April 30, 2024

First Baby Cured Of HIV Still In Remission 1 . 5 years Later

An HIV case first documented in a Mississippi baby 1 . 5 years ago is still proving that an antiviral treatment in early stages works well in not just treating herpes that causes AIDS, but additionally curing it.

Earlier this year, researchers from Johns Hopkins University (JHU) reported that a child born with HIV and given a series of antiviral drugs showed signs of remission within times of initial treatment. The kid was administered antiretroviral therapy (ART) for the next 1 . 5 years before ultimately being removed the drugs.

The researchers, led by Deborah Persaud, MD, of JHU, conducted a follow-up in late 2012 when the child was 23 months old and located that, after performing a battery of tests, the newborn was in full remission with no visible signs of HIV in the body.
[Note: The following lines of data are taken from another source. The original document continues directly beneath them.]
impl Shelf {
    // Makes segments until there are this many.
    fn spare(&mut self, alloc: Global, count: usize) -> Result<(), Fault>
        requires { IsKept self.old }
        ensures kept { IsKept self.new }
        ensures filled { self.new.filled.items ≡ self.old.filled.items }
        ensures count { count_of self.old ≤ count_of self.new }
        ensures ok { OnOk result (count ≤ count_of self.new) }
        ensures fault { OnlyMemory result }
    {
        let more = count.saturating_sub(self.filled.len());
        self.filled.reserve(more)?;
        self.empty.reserve(count.saturating_sub(self.empty.len()))?;
        lengthen(alloc, &mut self.empty, more)
    }

    // Before which seat the first with a greater key stands. Looks first where a call went last.
    fn seek(&self, key: u64) -> Spot
        requires filled { AreFilled self.now.filled.items }
        requires some { 0 < vec_len self.now.filled }
        requires ascend { Ascend (seats_of self.now.filled.items) }
        ensures spot { IsSpot self.now.filled.items result }
        ensures number { number_of self.now.filled.items result
            ≡ up_to key (seats_of self.now.filled.items) }
        ensures first { result.at ≡ 0 → result.segment ≡ 0 }
    {
        if self.is_near(key) {
            return self.near;
        }
        let segment = self
            .filled
            .as_slice()
            .partition_point(|segment| segment.first <= key)
            .saturating_sub(1);
        let at = self.filled[segment].up_to(key);
        Spot { segment, at }
    }

    // Whether the first seat with a greater key is the one behind the spot where a call went last.
    fn is_near(&self, key: u64) -> bool
        requires filled { AreFilled self.now.filled.items }
        requires ascend { Ascend (seats_of self.now.filled.items) }
        ensures spot { IsTrue result → IsSpot self.now.filled.items self.now.near }
        ensures number { IsTrue result → number_of self.now.filled.items self.now.near
            ≡ up_to key (seats_of self.now.filled.items) }
        ensures some { IsTrue result → 0 < self.now.near.at }
    {
        let Spot { segment, at } = self.near;
        if self.filled.len() <= segment {
            return false;
        }
        let seats = self.filled[segment].seats.as_slice();
        if at == 0 || seats.len() < at || key < seats[at - 1].key {
            return false;
        }
        if at < seats.len() {
            return key < seats[at].key;
        }
        segment + 1 == self.filled.len() || key < self.filled[segment + 1].first
    }

    // Puts a seat before the first with a greater key, or behind all.
    fn insert(&mut self, seat: Seat)
        requires kept { IsKept self.old }
        requires ascend { Ascend (seats_of self.old.filled.items) }
        requires few { length (seats_of self.old.filled.items) < count_of self.old * EACH }
        ensures kept { IsKept self.new }
        ensures seats { seats_of self.new.filled.items ≡ insert (seats_of self.old.filled.items)
            (up_to seat.key (seats_of self.old.filled.items)) seat }
        ensures count { count_of self.new ≡ count_of self.old }
    {
        if self.filled.is_empty() {
            self.begin(seat);
            return;
        }
        let spot = self.seek(seat.key);
        let spot = self.make_way(spot);
        self.put(spot, seat);
        self.near = Spot {
            segment: spot.segment,
            at: spot.at + 1,
        };
    }

    // Puts the first seat of all in.
    fn begin(&mut self, seat: Seat)
        requires kept { IsKept self.old }
        requires none { self.old.filled.items ≡ [] }
        requires some { 0 < count_of self.old }
        ensures kept { IsKept self.new }
        ensures seats { seats_of self.new.filled.items ≡ seat ∷ [] }
        ensures count { count_of self.new ≡ count_of self.old }
    {
        if let Some(mut segment) = self.empty.pop() {
            segment.begin(seat);
            self.filled.push_reserved(segment);
        }
    }

    // Parts the segment of the spot where it is full, and gives the spot that has the same number.
    fn make_way(&mut self, spot: Spot) -> Spot
        requires kept { IsKept self.old }
        requires spot { IsSpot self.old.filled.items spot }
        requires few { length (seats_of self.old.filled.items) < count_of self.old * EACH }
        ensures kept { IsKept self.new }
        ensures seats { seats_of self.new.filled.items ≡ seats_of self.old.filled.items }
        ensures spot { IsSpot self.new.filled.items result }
        ensures number { number_of self.new.filled.items result
            ≡ number_of self.old.filled.items spot }
        ensures free { (own : Segment) → slice_get self.new.filled.items result.segment ≡ Some own
            → length own.seats.items < MOST }
        ensures count { count_of self.new ≡ count_of self.old }
    {
        if self.filled[spot.segment].seats.len() < MOST {
            return spot;
        }
        self.part(spot.segment);
        if spot.at <= FEW {
            return spot;
        }
        Spot {
            segment: spot.segment + 1,
            at: spot.at - FEW,
        }
    }

    // Parts the segment with this number, which is full, in two.
    fn part(&mut self, index: usize)
        requires kept { IsKept self.old }
        requires within { index < vec_len self.old.filled }
        requires full { (own : Segment) → slice_get self.old.filled.items index ≡ Some own
            → length own.seats.items ≡ MOST }
        requires some { 0 < vec_len self.old.empty }
        ensures kept { IsKept self.new }
        ensures parted { IsParted self.old.filled.items index self.new.filled.items }
        ensures count { count_of self.new ≡ count_of self.old }
    {
        if let Some(mut upper) = self.empty.pop() {
            self.filled[index].part(&mut upper);
            // there is room, so this isn't refused
            let _ = self.filled.insert(index + 1, upper);
        }
    }

    // Puts a seat in at the spot, whose segment isn't full.
    fn put(&mut self, spot: Spot, seat: Seat)
        requires kept { IsKept self.old }
        requires spot { IsSpot self.old.filled.items spot }
        requires free { (own : Segment) → slice_get self.old.filled.items spot.segment ≡ Some own
            → length own.seats.items < MOST }
        ensures kept { IsKept self.new }
        ensures seats { seats_of self.new.filled.items
            ≡ insert (seats_of self.old.filled.items) (number_of self.old.filled.items spot) seat }
        ensures count { count_of self.new ≡ count_of self.old }
    {
        self.filled[spot.segment].put(spot.at, seat);
    }

    // Takes the seat before the spot out.
    fn take(&mut self, spot: Spot) -> Seat
        requires kept { IsKept self.old }
        requires spot { IsSpot self.old.filled.items spot }
        requires some { 0 < spot.at }
        ensures kept { IsKept self.new }
        ensures seat { slice_get (seats_of self.old.filled.items)
            (number_of self.old.filled.items spot - 1) ≡ Some result }
        ensures seats { seats_of self.new.filled.items
            ≡ remove (seats_of self.old.filled.items) (number_of self.old.filled.items spot - 1) }
        ensures count { count_of self.new ≡ count_of self.old }
    {
        if self.filled[spot.segment].seats.len() == 1 {
            let mut segment = self.filled.remove(spot.segment);
            let seat = segment.seats.remove(0);
            self.empty.push_reserved(segment);
            return seat;
        }
        let seat = self.filled[spot.segment].take(spot.at - 1);
        self.settle(spot.segment);
        seat
    }

    // Joins the segment with this number, which has lost a seat, with one beside it where both together have few.
    fn settle(&mut self, index: usize)
        requires within { index < vec_len self.old.filled }
        requires shelf { IsShelf self.old }
        requires crowded { (own : Segment) → slice_get self.old.filled.items index ≡ Some own
            → AreCrowded (slice_set (lengths self.old.filled.items) index
            (length own.seats.items + 1)) }
        ensures kept { IsKept self.new }
        ensures seats { seats_of self.new.filled.items ≡ seats_of self.old.filled.items }
        ensures count { count_of self.new ≡ count_of self.old }
    {
        let len = self.filled[index].seats.len();
        if index + 1 < self.filled.len() && len + self.filled[index + 1].seats.len() <= FEW {
            self.join(index);
        } else if 0 < index && self.filled[index - 1].seats.len() + len <= FEW {
            self.join(index - 1);
        }
    }

    // Joins the segment with this number and the next one.
    fn join(&mut self, index: usize)
        requires within { index + 1 < vec_len self.old.filled }
        requires shelf { IsShelf self.old }
        requires few { (own next : Segment) → slice_get self.old.filled.items index ≡ Some own
            → slice_get self.old.filled.items (index + 1) ≡ Some next
            → length own.seats.items + length next.seats.items ≤ FEW }
        requires crowded { (own next : Segment) → slice_get self.old.filled.items index ≡ Some own
            → slice_get self.old.filled.items (index + 1) ≡ Some next
            → AreCrowded (slice_set (remove (lengths self.old.filled.items) (index + 1)) index
            (length own.seats.items + length next.seats.items)) }
        ensures kept { IsKept self.new }
        ensures seats { seats_of self.new.filled.items ≡ seats_of self.old.filled.items }
        ensures count { count_of self.new ≡ count_of self.old }
    {
        let mut upper = self.filled.remove(index + 1);
        self.filled[index].join(&mut upper);
        self.empty.push_reserved(upper);
    }
}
They presented their findings at the 2013 Conference on Retroviruses and Opportunistic Infections in Atlanta, Georgia.

Now, more than 6 months later, the same scientific study has conducted another follow-up and are happy to report that the kid, now Three years old, continues to be free of active infection 18 months in the end treatment ceased. A brand new set of the situation has been published in the Oct. 23 publication of the New England Journal of Medicine (NEJM).

“Our findings claim that this child’s remission isn’t a mere fluke however the likely consequence of aggressive and incredibly early therapy that could have prevented herpes from taking a hold in the child’s immune cells,” says Dr. Persaud, a virologist and pediatric HIV expert at Johns Hopkins Children’s Center (JHCC), that has been handling the situation because the child was born.

Persaud did about this case with immunologist Katherine Luzuriaga, MD, from the University of Massachusetts Medical School, and pediatrician Hannah Gay, MD, of the University of Mississippi Medical Center, who identified and treated the infant and continues to see the child.

“We’re thrilled the child remains off medication and it has no detectable virus replicating,” Gay says. “We’ve continued to follow along with the kid, obviously, and she or he continues to do very well. There isn’t any sign of the return of HIV, and we’ll continue to follow her for the long term.”

The child was created to an HIV-infected mother and was administered ART within 30 hours of birth. A series of tests within the subsequent days and weeks showed the ART was continuing to decrease the general existence of the virus within the child’s blood, until it reached undetectable levels 29 days after birth. At 18 months of age, the child was lost to follow-up for nearly five months, and ART stopped; however when checked to another five months, testing could still not detect virus in the bloodstream.

Persaud and colleagues say this one child’s experience provides “compelling evidence” that infants infected with HIV is capable of remission when ART begins within hours or times of birth or whenever infection begins. In line with the information from this case, a federally-funded study is placed to start in 2014 to check early-treatment ART to determine whether the approach is feasible for those HIV-infected newborns.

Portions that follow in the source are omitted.